How to stop queefing at the most inopportune moments
To be extra clear: There’s no rule saying you have to stop queefing—better yet if you feel at peace with it when it occasionally happens. But if it’s becoming a nuisance or is in any way uncomfortable to you (say, it’s making you self-conscious in a workout class you love or distracting you during sex), you might want to tamp down the frequency.
While there are no proven solutions for queefing (again, it isn’t a medical issue on its own), there are a few things that may make it less anatomically likely to happen. One option is to avoid body positions where air can easily seep into your vagina, which include anything that opens up that space—such as deep-penetration sex positions or doggy-style-esque moves, or exercise positions that elevate your hips, like downward dog.
Any kind of penetrative sex can force air into your vagina and make a queef more likely, Dr. Ascher-Walsh says, but you may be able to lower that chance by not fully removing the penis or toy each time you switch positions. (That’s when air might otherwise rush out.)
If cutting out all of the above feels like a high price to pay, you could try changing up the way you’re engaging your pelvic floor in these kinds of movements, Miracle suggests. For instance, you might purposefully contract your pelvic floor or do a Kegel (squeeze the muscle you’d use to stop peeing) before moving into an exercise or sex position that especially spreads wide your vaginal opening. Or, alternatively, if you suspect your pelvic floor is typically clenched, you could actively relax or release it in these movements (try a deep, diaphragmatic exhale) to avoid trapping air inside your vagina and creating the resistance that’ll cause it to burst out with an audible toot.

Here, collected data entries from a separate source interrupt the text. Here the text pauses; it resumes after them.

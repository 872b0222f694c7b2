// How far the words of a record are passed, each run and each word once.
ghost use Rattle.std.specs.Prelude.{◌≡◌, ℕ, ◌+◌, ◌*◌, ◌<◌, ◌≤◌, drop};
ghost use Rattle.codec.specs.Bits.{bits_of};
ghost use Rattle.codec.specs.Runs.{run as stretch};
ghost use Rattle.stores.specs.Bytes.{encoded};
ghost use Rattle.records.specs.Stretches.{run_list};
ghost use Rattle.records.specs.Rows.{runs_left};
ghost use Rattle.records.specs.Told.{word_in, side_or_one};
ghost use Rattle.records.specs.Ahead.{begins as starts, raised as later, spot_ahead, word_ahead};

use crate::RecordSource;
use crate::runs::{Run, Runs, follows, past};

// How far the words of a record are passed.
#[derive(Clone, Copy)]
pub(crate) struct Place<'a> {
    // the present pixel
    pub(crate) pixel: u16,
    // how many words of its run are to come; 0 where it lies in none, or its run is not found yet
    pub(crate) inside: u16,
    // where the next run may begin
    pub(crate) low: u32,
    // the runs to come
    pub(crate) runs: Runs<'a>,
    // the index of the next word's first symbol
    pub(crate) from: u32,
}

// Whether a run is in its place and begins at a pixel.
fn begins(run: Run, low: u32, end: u16, pixel: u16) -> bool
    ensures { result ≡ starts low end (stretch run.offset run.count) pixel }
{
    follows(run, low, end) && run.offset == pixel
}

// Where the next run may begin, behind a pixel that lies in none.
fn raised(low: u32, pixel: u16) -> u32
    ensures is { result ≡ later low pixel }
    ensures behind { (pixel < result) × (low ≤ result) }
{
    let pixel = u32::from(pixel);
    if low <= pixel { pixel + 1 } else { low }
}

// Goes into the run that begins at the present pixel, if there is one.
pub(crate) fn entered<'a>(place: Place<'a>, end: u16) -> Place<'a>
    requires { place.pixel + place.inside ≤ place.low }
    ensures same { (result.pixel ≡ place.entry.pixel) × (result.from ≡ place.entry.from) }
    ensures behind { (result.pixel + result.inside ≤ result.low) × (result.pixel < result.low) }
    ensures spots { (k : ℕ) → place.entry.pixel ≤ k → spot_ahead end result.pixel result.inside result.low (runs_left result.runs) k ≡ spot_ahead end place.entry.pixel place.entry.inside place.entry.low (runs_left place.entry.runs) k }
{
    if place.inside > 0 {
        return place;
    }
    let outside = Place {
        low: raised(place.low, place.pixel),
        ..place
    };
    let mut runs = place.runs;
    match runs.next() {
        Some(run) if begins(run, place.low, end, place.pixel) => Place {
            inside: run.count,
            low: past(run),
            runs,
            ..place
        },
        _ => outside,
    }
}

// The words of a record from a pixel on.
#[derive(Drop)]
pub struct Words<'a> {
    pub(crate) source: RecordSource<'a>,
    pub(crate) place: Place<'a>,
    ghost behind: { place.pixel + place.inside ≤ place.low },
    ghost few: { place.from ≤ 64 * place.pixel },
    ghost told: { (k : ℕ) → place.pixel ≤ k
        → encoded (word_ahead (side_or_one source.width * side_or_one source.height) place.pixel place.inside place.low (runs_left place.runs) (drop (3 * place.from) (bits_of source.symbols.now)) k)
        ≡ encoded (word_in (side_or_one source.width * side_or_one source.height) (run_list source.runs.now) (bits_of source.symbols.now) k) },
}

// The words of a record from its first pixel on.
#[tactic(auto, using(crate::proofs::Ahead::ahead_first))]
pub(crate) fn first_words<'a>(source: RecordSource<'a>) -> Words<'a>
    ensures source { result.source ≡ source.entry }
    ensures pixel { result.place.pixel ≡ 0 }
{
    Words {
        source,
        place: Place {
            pixel: 0,
            inside: 0,
            low: 0,
            runs: Runs::of(source.runs),
            from: 0,
        },
    }
}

According to Miracle, there’s little harm in trying both of these approaches. But ultimately, the one that works best for you will depend on whether your pelvic floor skews toward the looser or tighter side of things—which is something that a pelvic floor physical therapist can evaluate. (You can ask your ob-gyn for a referral, check with nearby hospitals to see if they have a department, or use this credible PT locator to find one near you.) You may especially want to seek out the care of one of these pros if you’re also dealing with pain during or after sex, urinary incontinence, or symptoms of prolapse (which will feel like something is stuck in your vagina or bulging out from it, Miracle says)—all of which point to a potential pelvic floor issue.
In the meantime, we could all benefit from destigmatizing queefing, perhaps starting by dropping the name, Miracle suggests. It has a strangely negative connotation for a word that some suspect originated with the Northern English “quiff,” meaning, simply, “puff of air.” In keeping with that OG definition, the medical community more aptly calls it “vaginal air” or “vaginal wind”—something to let whoosh right by like a breeze.